Prove or disprove if $L_{1}$ is Turing-recognizable and $L_{2}$ is co-Turing-recognizable then $L_{1}\cap L_{2}$ is decidable

Question

I thought about these languages: $$L_{1} = A_{TM} = \big\{ \langle M, w \rangle \mid M \text{ is TM and }M \text{ accepts } w \big\}$$ $$L_{2} = \overline{HALT_{TM}} = \big\{ \langle M, w \rangle \mid M \text{ is TM and }M \text{ doesn't halt on input } w \big\}$$

Their intersection: $$L_{1}\cap L_{2} = \big\{ \langle M, w \rangle \mid M \text{ is TM and }M \text{ accepts and doesn't halt on input } w \big\}$$

If I assume that the intersection is decidable by TM $T$ so I can use $T$ to decide $A_{TM}$ and that's a contradiction.

Is it true?

Answer 1

Your proof is wrong.

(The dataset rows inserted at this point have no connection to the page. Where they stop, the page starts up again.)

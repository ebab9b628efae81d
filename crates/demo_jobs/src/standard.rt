//! The curve that is to be matched: the hidden recipe, mixed on the undyed cloth.

ghost use Rattle.std.specs.Prelude.{◌≡◌, ◌≤◌, All, IfOk, length, map};
ghost use Rattle.interval_specs.specs.Ranges.{UpTo};
ghost use Rattle.ks_curves.specs.Dye.{IsDyeing};
ghost use Rattle.spectral_tables.specs.Curve.{IsReflectance};
ghost use Rattle.demo_jobs.specs.Dyes.{IsDrawn};
ghost use Rattle.demo_jobs.specs.Standard.{dye_data, measured, standard, standard_at};
ghost use Rattle.fix_bounds.specs.Scales.{base_unit};

use crate::cloths::{WAVES, dyed, substrate};
use crate::dyes::DrawnDye;
use arrayvec::ArrayVec;
use fix_bounds::{Base, Iv};
use ks_curves::{Calibration, Dye};
use mix_model::{BaseCurve, mix, no_steps};
use spectral_tables::{Curve, MOST_WAVES, Spectrum};
use std::alloc::{AllocError, Global};

/// The dyeings of each dye: the number of each, and its units of dye.
pub(crate) const DYEINGS: [(u32, u32); 4] = [(1, 200), (2, 500), (3, 1000), (4, 2000)];

/// How many units of dye a step has.
pub(crate) const STEP: u32 = 10;

/// A dyeing with `units` of a dye: the units and its curve.
fn measured(dye: &DrawnDye, units: u32) -> (u32, Curve)
    requires some { 1 ≤ units }
    requires units { units ≤ 2000 }
    requires range { IsDrawn dye.now }
    ensures is { result ≡ measured dye.now units }
    ensures held { IsDyeing 31 result }
{
    (units, dyed(dye, units))
}

/// A dye, calibrated by its dyeings.
#[tactic(auto, unfolding(crate::specs::Standard::dye_data))]
fn calibrated(dye: &DrawnDye) -> Dye
    requires { IsDrawn dye.now }
    ensures { result ≡ dye_data dye.now }
{
    let mut dyeings = ArrayVec::new();
    for (_, units) in DYEINGS {
        dyeings.push(measured(dye, units));
    }
    Dye::of(Calibration::Line, STEP, substrate(), dyeings)
}

/// The dyes, calibrated.
fn all_calibrated(alloc: Global, dyes: &[DrawnDye]) -> Result<Vec<Dye>, AllocError>
    requires { All IsDrawn dyes.now }
    ensures { IfOk result (λ v. v.items ≡ map dye_data dyes.now) }
{
    let mut all = Vec::new(alloc);
    for dye in dyes {
        all.push(calibrated(dye))?;
    }
    Ok(all)
}

/// The lower end of a reflectance, in whole millionths, rounded down: at least 100.
fn standard_at(reflectance: Iv<Base>) -> u32
    requires { UpTo base_unit reflectance }
    ensures is { result ≡ standard_at reflectance }
    ensures range { IsReflectance result }
{
    ((reflectance.lo() / 1_000_000) as u32).max(100)
}

/// The lower ends of a spectrum, in whole millionths, rounded down: each at least 100.
fn curve_of(spectrum: &Spectrum<Base>) -> Curve
    ensures { result ≡ map standard_at spectrum.now }
{
    let mut millionths: ArrayVec<u32, MOST_WAVES> = ArrayVec::new();
    for index in 0..spectrum.waves() {
        millionths.push(standard_at(spectrum.at(index)));
    }
    Curve::of(millionths.as_slice())
}

/// The curve of the undyed cloth dyed with `steps` of each dye.
#[tactic(auto, unfolding(crate::specs::Standard::standard))]
pub(crate) fn standard(alloc: Global, dyes: &[DrawnDye], steps: &[u16]) -> Result<Curve, AllocError>
    requires dyes { All IsDrawn dyes.now }
    requires few { length dyes.now ≤ 6 }
    requires count { length steps.now ≡ length dyes.now }
    requires steps { All (λ n. n ≤ 400) steps.now }
    ensures { IfOk result (λ c. c ≡ standard dyes.now steps.now) }
{
    let base: BaseCurve<Base> = BaseCurve::of(&substrate());
    let dyes = all_calibrated(alloc, dyes)?;
    let bath = no_steps(dyes.as_slice());
    let spectrum = mix(&base, dyes.as_slice(), bath.as_slice(), steps, steps);
    Ok(curve_of(&spectrum))
}
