//! The curves of a job, under their names.

ghost use Rattle.std.specs.Prelude.{◌≡◌, ◌++◌, All, IfOk, OnOk, length, string_bytes};
ghost use Rattle.std.specs.List.{flat_map};
ghost use Rattle.demo_jobs.specs.CurveText.{book_of, dye_book, dye_name, dyeing_name, job_book};
ghost use Rattle.demo_jobs.specs.Dyes.{IsDrawn};

use crate::cloths::{dyed, substrate};
use crate::dyes::{DrawnDye, drawn_dyes, hidden_recipe};
use crate::standard::{DYEINGS, standard};
use itoa::Buffer;
use spectral_tables::Curve;
use std::alloc::{AllocError, Global};

/// Curves, each with its name.
pub(crate) type Named = Vec<(String, Curve)>;

/// The name of a dye, as in `d1`.
#[tactic(auto, unfolding(crate::specs::CurveText::dye_name))]
pub(crate) fn dye_name(alloc: Global, number: u32) -> Result<String, AllocError>
    ensures { IfOk result (λ s. string_bytes s ≡ dye_name number) }
{
    let mut name = String::from_str(alloc, "d")?;
    name.push_str(Buffer::new().format(number))?;
    Ok(name)
}

/// The name of a dyeing, as in `d1c1`.
#[tactic(auto, unfolding(crate::specs::CurveText::dyeing_name))]
pub(crate) fn dyeing_name(alloc: Global, dye: u32, number: u32) -> Result<String, AllocError>
    ensures { IfOk result (λ s. string_bytes s ≡ dyeing_name dye number) }
{
    let mut name = dye_name(alloc, dye)?;
    name.push_str("c")?;
    name.push_str(Buffer::new().format(number))?;
    Ok(name)
}

/// Appends the curves of the dyeings of a dye.
#[tactic(auto, unfolding(crate::specs::CurveText::dye_book))]
fn push_dyeings(alloc: Global, book: &mut Named, dye: &DrawnDye) -> Result<(), AllocError>
    requires { IsDrawn dye.now }
    ensures { OnOk result (book_of book.new.items ≡ book_of book.old.items ++ dye_book dye.now) }
{
    for (number, units) in DYEINGS {
        let name = dyeing_name(alloc, dye.number, number)?;
        book.push((name, dyed(dye, units)))?;
    }
    Ok(())
}

/// Appends the curves of the dyeings of all dyes.
fn push_dyes(alloc: Global, book: &mut Named, dyes: &[DrawnDye]) -> Result<(), AllocError>
    requires { All IsDrawn dyes.now }
    ensures { OnOk result (book_of book.new.items
        ≡ book_of book.old.items ++ flat_map dye_book dyes.now) }
{
    for dye in dyes {
        push_dyeings(alloc, book, dye)?;
    }
    Ok(())
}

/// The curves of the job that these draws make.
#[tactic(auto, unfolding(crate::specs::CurveText::job_book))]
pub(crate) fn job_book(alloc: Global, draws: &[u32]) -> Result<Named, AllocError>
    requires { length draws.now ≡ 30 }
    ensures { IfOk result (λ v. book_of v.items ≡ job_book draws.now) }
{
    let dyes = drawn_dyes(draws);
    let standard = standard(alloc, dyes.as_slice(), hidden_recipe(draws).as_slice())?;
    let mut book = Vec::new(alloc);
    book.push((String::from_str(alloc, "sub")?, substrate()))?;
    book.push((String::from_str(alloc, "std")?, standard))?;
    push_dyes(alloc, &mut book, dyes.as_slice())?;
    Ok(book)
}
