//! Generated jobs that look like those of a dyehouse: from a number, the texts of a job, of its
//! curve file and of the weights files of its two lights.
#![tactic(auto)]

mod book;
mod cloths;
mod curve_file;
mod demo;
mod draws;
mod dyes;
mod job_table;
pub mod laws;
mod line;
mod standard;
mod tables;
mod weights;
mod weights_file;

pub use demo::{Bytes, Demo, make};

Note if $M$ accepts $w$, it must halt on $w$, so $L_1\cap L_2$ is the empty set, which is of course decidable.

To disprove the statement, you can set $L_2$ to be $\Sigma^*$, i.e. the language containing all strings. Since $\emptyset$ is Turing recognizable, $L_2$ is co-Turing recognizable. However, $L_1\cap L_2=L_1$ is undecidable.